◆ **What you will do**: Go over the entries and report the lines where the word "AddsAs" occurs.
START Data shown
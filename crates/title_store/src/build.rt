//! A title that is being built.

ghost use Rattle.std.specs.Prelude.{◌≡◌, ◌*◌, ◌<◌, ◌≤◌, OnOk, OnErr, true, IfOk};
ghost use Rattle.title_terms.specs.Designs.{places, symbols, variant_name};
ghost use Rattle.title_store.specs.Builds.{BuildsAs, AddsAs, with_digest, is_full, title_by, first_beyond};

use crate::errors::{AddError, BuildError};
use crate::table::{CellError, Table};
use crate::title::Title;
use blob_digests::Digest;
use designs::Design;
use lists::{Memory, Text};
use m3u8_text::MediaList;
use std::alloc::Global;
use std::marker::Model;

/// A title whose digests are still to come, which contracts see as its design, its media list, and a cell for each variant.
#[derive(Drop)]
pub struct TitleBuilder {
    design: Design,
    list: MediaList,
    table: Table,
}

impl Model for TitleBuilder {
    ghost use Rattle.title_store.specs.Builds.{Build, IsBuild};

    ghost Value = { Build };

    ghost view = { λ b. record { design = b.design; list = b.list; cells = b.table } };

    ghost invariant = { λ b. IsBuild (record { design = b.design; list = b.list; cells = b.table }) };
}

impl TitleBuilder {
    /// A title of this design and list, without digests. On refusal both are dropped.
    pub fn new(alloc: Global, design: Design, source: MediaList) -> Result<TitleBuilder, BuildError>
        // Where it is begun nothing is added yet; else which marked number is the first without a segment.
        ensures { BuildsAs result design source }
    {
        if let Some(segment) = first_beyond(&design, &source) {
            return Err(BuildError::NoSegment(segment));
        }
        let count = variant_count(&design);
        let Ok(table) = Table::new(alloc, count) else {
            return Err(BuildError::Memory);
        };
        Ok(TitleBuilder {
            design,
            list: source,
            table,
        })
    }

    /// Adds the digest of a variant, which has to be new. A refusal leaves all as it was.
    pub fn add(&mut self, place: u32, symbol: u8, digest: &Digest) -> Result<(), AddError>
        requires place { place < places self.old.design }
        requires symbol { symbol < symbols self.old.design }
        ensures answer { AddsAs result self.old place symbol digest.now.bytes }
        ensures added { OnOk result (self.new
            ≡ with_digest self.old place symbol digest.now.bytes) }
        ensures refused { OnErr result (self.new ≡ self.old) }
    {
        let symbols = self.design.symbols();
        let cell = place * symbols + u32::from(symbol);
        match self.table.put(cell, &digest.bytes) {
            Ok(()) => Ok(()),
            Err(CellError::Full) => Err(AddError::Twice),
            Err(CellError::HeldBy(other)) => Err(AddError::Duplicate {
                place: other / symbols,
                symbol: (other % symbols) as u8,
            }),
            Err(CellError::Memory) => Err(AddError::Memory),
        }
    }

    /// Whether every variant has a digest. It looks at each variant.
    pub fn is_full(&self) -> bool
        ensures { result ≡ is_full self.now }
    {
        self.table.is_full()
    }

    /// The title with the digests that were added. It takes no memory.
    pub fn finish(self) -> Title
        requires { is_full self ≡ true }
        ensures { result ≡ title_by self }
    {
        Title::over(self.design, self.list, self.table)
    }

    /// The name of the blob of a variant.
    pub fn variant_name(&self, alloc: Global, place: u32, symbol: u8) -> Result<Text, Memory>
        requires place { place < places self.now.design }
        requires symbol { symbol < symbols self.now.design }
        ensures { IfOk result (λ name. name ≡ variant_name self.now.design place symbol) }
    {
        self.design.variant_name(alloc, place, symbol)
    }
}

/// The first marked number for which the list has no segment.
fn first_beyond(design: &Design, list: &MediaList) -> Option<u32>
    ensures { result ≡ first_beyond design.now list.now }
{
    let count = list.len();
    'marks: for segment in design.marks() {
        if *segment >= count {
            return Some(*segment);
        }
    }
    None
}

/// How many variants there are.
pub(crate) fn variant_count(design: &Design) -> usize
    ensures number { result ≡ places design.now * symbols design.now }
    ensures few { result ≤ 65536 }
{
    (design.places() * design.symbols()) as usize
}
END Data shown
◆ **Answer to the exercise**:
ghost use Rattle.title_store.specs.Builds.{BuildsAs, AddsAs, with_digest, is_full, title_by, first_beyond};
        ensures answer { AddsAs result self.old place symbol digest.now.bytes }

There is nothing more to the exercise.